Hey… Hey, Spoilerite! Ya wanna hear about a comic book that’s just plain ol’ TERRIBLE? I got your back. Your Major Spoilers Retro Review of Peter Parker: Spider-Man #75 awaits!
PETER PARKER: SPIDER-MAN #75
Writer: Howard Mackie
Penciler: John Romita Jr.
Inker: Scott Hanna
Colorist: Kevin Tinsley
Letterer: Richard Starkings/Liz Agarphiotis/Comicraft
Editor: Ralph Macchio
Publisher: Marvel Comics
Cover Price: $2.95
Current Near-Mint Pricing: $3.00
Release Date: October 16, 1996
Previously in Spider-Man: The decision to marry Peter Parker to Mary Jane Watson in 1987 was among the last big decisions involving Jim Shooter as Marvel Comics Editor-In-Chief, and almost immediately, there was regret among Marvel’s editorial staff. A plan was hatched involving a decade-old story wherein Spider-Man had been cloned by his college professor, with twists and turns and nonsensical back-and-forth battles between various writers ending up with married Peter being revealed to have been the clone all along. As for the REAL Peter, he had spent “five years” wandering the Earth calling himself Ben Reilly, finally returning to New York and taking up his mask once again to allow Peter and MJ to retire and take care of the baby they had been expecting. Peter returned to the city around the time of the Onslaught crisis, while a mysterious manipulator in the shadows began bedeviling Spider-Ben.
Who could this strange being be?
Little Normie, son of Harry and Liz Osborn, knows at first sight, even though his Grampa was dead LONG before he was ever born: It’s Norman freaking Osborn! Back from the dead after an astonishing 23 years in the grave, Norman is ready to torture his son’s best friend anew, starting by capturing and drugging Peter when he arrives at the hospital to help his wife give birth. He awakens in his Spider-Man costume once more, confronted by the man he believes long dead, allowed to perish so that Peter could avenge his lady love Gwen. Peter can’t believe it’s the real Green Goblin, but Norman reveals his terrible impalement scars, swearing to destroy his old foe.

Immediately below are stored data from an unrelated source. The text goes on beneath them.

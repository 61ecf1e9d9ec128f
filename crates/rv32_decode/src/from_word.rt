//! The instruction of a word.

ghost use Rattle.std.specs.Prelude.{◌≡◌, IfSome};
ghost use Rattle.avm_model.specs.Decode.{decoded, HasWord};

use crate::fields::{
    branch_offset, funct3, funct7, immediate, jump_offset, opcode, rd, rs1, rs2, store_offset,
    upper,
};
use crate::rows::{branch, by_immediate, immediate_of, load, product, register, store};
use avm_model::Inst;

/// The instruction of a word, with its immediate sign-extended; `None` exactly where the word is none of RV32I's and M's
/// (RISC-V Unprivileged ISA, "RV32I Base Integer Instruction Set" and "M Extension for Integer Multiplication and Division").
///
/// The other fields of FENCE are passed over. The registers of an instruction are below 32.
pub fn decode(word: u32) -> Option<Inst>
    ensures value { result ≡ decoded word }
    ensures has_word { IfSome result (λ i. HasWord i) }
{
    match opcode(word) {
        0x37 => Some(Inst::Lui {
            rd: rd(word),
            imm: upper(word),
        }),
        0x17 => Some(Inst::Auipc {
            rd: rd(word),
            imm: upper(word),
        }),
        0x6f => Some(Inst::Jal {
            rd: rd(word),
            imm: jump_offset(word),
        }),
        0x67 => {
            if funct3(word) != 0 {
                return None;
            }
            Some(Inst::Jalr {
                rd: rd(word),
                rs1: rs1(word),
                imm: immediate(word),
            })
        }
        0x63 => {
            let op = branch(funct3(word))?;
            Some(Inst::Branch {
                op,
                rs1: rs1(word),
                rs2: rs2(word),
                imm: branch_offset(word),
            })
        }
        0x03 => {
            let op = load(funct3(word))?;
            Some(Inst::Load {
                op,
                rd: rd(word),
                rs1: rs1(word),
                imm: immediate(word),
            })
        }
        0x23 => {
            let op = store(funct3(word))?;
            Some(Inst::Store {
                op,
                rs1: rs1(word),
                rs2: rs2(word),
                imm: store_offset(word),
            })
        }
        0x13 => {
            let op = by_immediate(funct3(word), funct7(word))?;
            Some(Inst::Imm {
                op,
                rd: rd(word),
                rs1: rs1(word),
                imm: immediate_of(op, word),
            })
        }
        0x33 => {
            let (rd, rs1, rs2) = (rd(word), rs1(word), rs2(word));
            if funct7(word) == 1 {
                let op = product(funct3(word));
                return Some(Inst::Mul { op, rd, rs1, rs2 });
            }
            let op = register(funct3(word), funct7(word))?;
            Some(Inst::Op { op, rd, rs1, rs2 })
        }
        0x0f => {
            if funct3(word) != 0 {
                return None;
            }
            Some(Inst::Fence)
        }
        _ => match word {
            0x0000_0073 => Some(Inst::Ecall),
            0x0010_0073 => Some(Inst::Ebreak),
            _ => None,
        },
    }
}
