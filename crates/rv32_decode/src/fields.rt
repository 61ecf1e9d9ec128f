//! The fields and immediates of a word.

ghost use Rattle.std.specs.Prelude.{◌≡◌, ◌≤◌, ◌<◌, ◌+◌, ◌/◌, ◌%◌, ◌^◌};
ghost use Rattle.avm_model.specs.Word.{sign_extend, opcode_of, rd_of, rs1_of, rs2_of, funct3_of, funct7_of, imm_i, imm_s, imm_b, imm_u, imm_j};

/// `width` bits of the word, from bit `low` on.
pub fn bits(word: u32, low: u32, width: u32) -> u32
    requires inside { low + width ≤ 32 }
    requires some { 0 < width }
    requires narrow { width < 32 }
    ensures { result ≡ word / 2 ^ low % 2 ^ width }
{
    (word >> low) & ((1 << width) - 1)
}

pub fn sign_extended(value: u32, width: u32) -> u32
    requires low { 1 ≤ width }
    requires high { width < 32 }
    requires value { value < 2 ^ width }
    ensures { result ≡ sign_extend width value }
{
    if value < 1 << (width - 1) {
        value
    } else {
        value + (u32::MAX - ((1 << width) - 1))
    }
}

pub fn opcode(word: u32) -> u32
    ensures { result ≡ opcode_of word }
{
    bits(word, 0, 7)
}

pub fn rd(word: u32) -> u8
    ensures { result ≡ rd_of word }
{
    bits(word, 7, 5) as u8
}

pub fn funct3(word: u32) -> u32
    ensures { result ≡ funct3_of word }
{
    bits(word, 12, 3)
}

pub fn rs1(word: u32) -> u8
    ensures { result ≡ rs1_of word }
{
    bits(word, 15, 5) as u8
}

pub fn rs2(word: u32) -> u8
    ensures { result ≡ rs2_of word }
{
    bits(word, 20, 5) as u8
}

pub fn funct7(word: u32) -> u32
    ensures { result ≡ funct7_of word }
{
    word >> 25
}

pub fn upper(word: u32) -> u32
    ensures { result ≡ imm_u word }
{
    word >> 12 << 12
}

pub fn immediate(word: u32) -> u32
    ensures { result ≡ imm_i word }
{
    sign_extended(word >> 20, 12)
}

pub fn store_offset(word: u32) -> u32
    ensures { result ≡ imm_s word }
{
    sign_extended((word >> 25 << 5) + bits(word, 7, 5), 12)
}

pub fn branch_offset(word: u32) -> u32
    ensures { result ≡ imm_b word }
{
    let high = (word >> 31 << 12) + (bits(word, 7, 1) << 11);
    sign_extended(
        high + (bits(word, 25, 6) << 5) + (bits(word, 8, 4) << 1),
        13,
    )
}

pub fn jump_offset(word: u32) -> u32
    ensures { result ≡ imm_j word }
{
    let high = (word >> 31 << 20) + (bits(word, 12, 8) << 12);
    sign_extended(
        high + (bits(word, 20, 1) << 11) + (bits(word, 21, 10) << 1),
        21,
    )
}
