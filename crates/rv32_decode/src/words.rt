//! A word, put together from the fields of its format.

ghost use Rattle.std.specs.Prelude.{◌≡◌, ◌<◌, ◌%◌, ◌^◌};
ghost use Rattle.avm_model.specs.Word.{opcode_of, rd_of, rs1_of, rs2_of, funct3_of, funct7_of, imm_i, imm_s, imm_b, imm_u, imm_j};
ghost use Rattle.avm_model.specs.Decode.{FitsSigned};

/// The word of these fields.
pub fn assembled(opcode: u32, rd: u32, funct3: u32, rs1: u32, rs2: u32, funct7: u32) -> u32
    requires opcode { opcode < 2 ^ 7 }
    requires rd { rd < 2 ^ 5 }
    requires funct3 { funct3 < 2 ^ 3 }
    requires rs1 { rs1 < 2 ^ 5 }
    requires rs2 { rs2 < 2 ^ 5 }
    requires funct7 { funct7 < 2 ^ 7 }
    ensures opcode { opcode_of result ≡ opcode }
    ensures rd { rd_of result ≡ rd }
    ensures funct3 { funct3_of result ≡ funct3 }
    ensures rs1 { rs1_of result ≡ rs1 }
    ensures rs2 { rs2_of result ≡ rs2 }
    ensures funct7 { funct7_of result ≡ funct7 }
{
    opcode + (rd << 7) + (funct3 << 12) + (rs1 << 15) + (rs2 << 20) + (funct7 << 25)
}

pub fn upper_word(opcode: u32, rd: u8, imm: u32) -> u32
    requires opcode { opcode < 2 ^ 7 }
    requires rd { rd < 32 }
    requires imm { imm % 2 ^ 12 ≡ 0 }
    ensures opcode { opcode_of result ≡ opcode }
    ensures rd { rd_of result ≡ rd }
    ensures imm { imm_u result ≡ imm }
{
    opcode + ((rd as u32) << 7) + imm
}

pub fn immediate_word(opcode: u32, rd: u8, funct3: u32, rs1: u8, imm: u32) -> u32
    requires opcode { opcode < 2 ^ 7 }
    requires rd { rd < 32 }
    requires funct3 { funct3 < 8 }
    requires rs1 { rs1 < 32 }
    requires imm { FitsSigned 12 imm }
    ensures opcode { opcode_of result ≡ opcode }
    ensures rd { rd_of result ≡ rd }
    ensures funct3 { funct3_of result ≡ funct3 }
    ensures rs1 { rs1_of result ≡ rs1 }
    ensures imm { imm_i result ≡ imm }
{
    assembled(
        opcode,
        rd as u32,
        funct3,
        rs1 as u32,
        imm % 32,
        imm / 32 % 128,
    )
}

pub fn store_word(funct3: u32, rs1: u8, rs2: u8, imm: u32) -> u32
    requires funct3 { funct3 < 8 }
    requires rs1 { rs1 < 32 }
    requires rs2 { rs2 < 32 }
    requires imm { FitsSigned 12 imm }
    ensures opcode { opcode_of result ≡ 35 }
    ensures funct3 { funct3_of result ≡ funct3 }
    ensures rs1 { rs1_of result ≡ rs1 }
    ensures rs2 { rs2_of result ≡ rs2 }
    ensures imm { imm_s result ≡ imm }
{
    assembled(
        0x23,
        imm % 32,
        funct3,
        rs1 as u32,
        rs2 as u32,
        imm / 32 % 128,
    )
}

pub fn branch_word(funct3: u32, rs1: u8, rs2: u8, imm: u32) -> u32
    requires funct3 { funct3 < 8 }
    requires rs1 { rs1 < 32 }
    requires rs2 { rs2 < 32 }
    requires imm { FitsSigned 13 imm }
    requires even { imm % 2 ≡ 0 }
    ensures opcode { opcode_of result ≡ 99 }
    ensures funct3 { funct3_of result ≡ funct3 }
    ensures rs1 { rs1_of result ≡ rs1 }
    ensures rs2 { rs2_of result ≡ rs2 }
    ensures imm { imm_b result ≡ imm }
{
    let rd = (imm >> 11) % 2 + (imm >> 1 << 1) % 32;
    let funct7 = ((imm >> 12) % 2 << 6) + (imm >> 5) % 64;
    assembled(0x63, rd, funct3, rs1 as u32, rs2 as u32, funct7)
}

pub fn jump_word(rd: u8, imm: u32) -> u32
    requires rd { rd < 32 }
    requires imm { FitsSigned 21 imm }
    requires even { imm % 2 ≡ 0 }
    ensures opcode { opcode_of result ≡ 111 }
    ensures rd { rd_of result ≡ rd }
    ensures imm { imm_j result ≡ imm }
{
    let low = ((imm >> 11) % 2 << 20) + ((imm >> 1) % 1024 << 21);
    0x6f + ((rd as u32) << 7) + ((imm >> 12) % 256 << 12) + low + ((imm >> 20) % 2 << 31)
}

I have to admit, I do like the pencils of John Romita Jr., but in pairing him with Scott Hanna, this issue emphasizes their blockiness in unpleasant ways. What’s worse, the coloring is a garish mess of lighting effects and gradients, with full-bleed background colors going all the way to the edge of each page. It’s a muddy cacophony that is only exacerbated by having the action take place mostly in the dark. While he tortures Peter (and reveals himself to have already tortured Ben) Norman has also gathered Peter’s nearest and dearest, locking them in the offices of the Daily Bugle, intending to take everything from the man whom he reveals to be the TRUE Spider-Man after all.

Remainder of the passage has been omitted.